Exercise material:
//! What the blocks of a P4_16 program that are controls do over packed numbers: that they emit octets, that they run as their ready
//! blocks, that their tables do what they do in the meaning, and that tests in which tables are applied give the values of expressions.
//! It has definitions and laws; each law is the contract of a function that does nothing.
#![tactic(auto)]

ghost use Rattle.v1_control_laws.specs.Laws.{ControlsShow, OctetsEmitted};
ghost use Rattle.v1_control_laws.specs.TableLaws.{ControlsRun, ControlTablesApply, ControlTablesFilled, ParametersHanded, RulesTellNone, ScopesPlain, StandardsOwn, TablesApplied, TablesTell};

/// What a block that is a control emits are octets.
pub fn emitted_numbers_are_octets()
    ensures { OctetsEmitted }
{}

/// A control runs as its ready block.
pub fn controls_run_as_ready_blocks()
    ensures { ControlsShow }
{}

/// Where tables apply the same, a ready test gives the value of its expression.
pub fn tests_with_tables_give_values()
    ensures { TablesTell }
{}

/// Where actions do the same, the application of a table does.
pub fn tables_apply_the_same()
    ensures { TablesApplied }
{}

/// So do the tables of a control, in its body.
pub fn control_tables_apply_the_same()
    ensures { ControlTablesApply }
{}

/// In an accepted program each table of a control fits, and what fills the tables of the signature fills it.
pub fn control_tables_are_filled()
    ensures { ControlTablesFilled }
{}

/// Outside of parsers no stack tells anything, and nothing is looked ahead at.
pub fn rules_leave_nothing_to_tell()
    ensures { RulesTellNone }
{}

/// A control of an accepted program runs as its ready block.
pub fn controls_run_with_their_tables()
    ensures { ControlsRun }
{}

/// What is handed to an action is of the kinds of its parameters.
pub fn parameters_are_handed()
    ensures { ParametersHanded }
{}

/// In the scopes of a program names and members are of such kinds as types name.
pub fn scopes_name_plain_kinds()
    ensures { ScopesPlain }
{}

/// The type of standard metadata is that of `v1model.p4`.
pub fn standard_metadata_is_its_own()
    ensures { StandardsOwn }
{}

Work instructions: Give the listing above again in full, with no word altered.

Response area:
//! What the blocks of a P4_16 program that are controls do over packed numbers: that they emit octets, that they run as their ready
//! blocks, that their tables do what they do in the meaning, and that tests in which tables are applied give the values of expressions.
//! It has definitions and laws; each law is the contract of a function that does nothing.
#![tactic(auto)]

ghost use Rattle.v1_control_laws.specs.Laws.{ControlsShow, OctetsEmitted};
ghost use Rattle.v1_control_laws.specs.TableLaws.{ControlsRun, ControlTablesApply, ControlTablesFilled, ParametersHanded, RulesTellNone, ScopesPlain, StandardsOwn, TablesApplied, TablesTell};

/// What a block that is a control emits are octets.
pub fn emitted_numbers_are_octets()
    ensures { OctetsEmitted }
{}

/// A control runs as its ready block.
pub fn controls_run_as_ready_blocks()
    ensures { ControlsShow }
{}

/// Where tables apply the same, a ready test gives the value of its expression.
pub fn tests_with_tables_give_values()
    ensures { TablesTell }
{}

/// Where actions do the same, the application of a table does.
pub fn tables_apply_the_same()
    ensures { TablesApplied }
{}

/// So do the tables of a control, in its body.
pub fn control_tables_apply_the_same()
    ensures { ControlTablesApply }
{}

/// In an accepted program each table of a control fits, and what fills the tables of the signature fills it.
pub fn control_tables_are_filled()
    ensures { ControlTablesFilled }
{}

/// Outside of parsers no stack tells anything, and nothing is looked ahead at.
pub fn rules_leave_nothing_to_tell()
    ensures { RulesTellNone }
{}

/// A control of an accepted program runs as its ready block.
pub fn controls_run_with_their_tables()
    ensures { ControlsRun }
{}

/// What is handed to an action is of the kinds of its parameters.
pub fn parameters_are_handed()
    ensures { ParametersHanded }
{}

/// In the scopes of a program names and members are of such kinds as types name.
pub fn scopes_name_plain_kinds()
    ensures { ScopesPlain }
{}

/// The type of standard metadata is that of `v1model.p4`.
pub fn standard_metadata_is_its_own()
    ensures { StandardsOwn }
{}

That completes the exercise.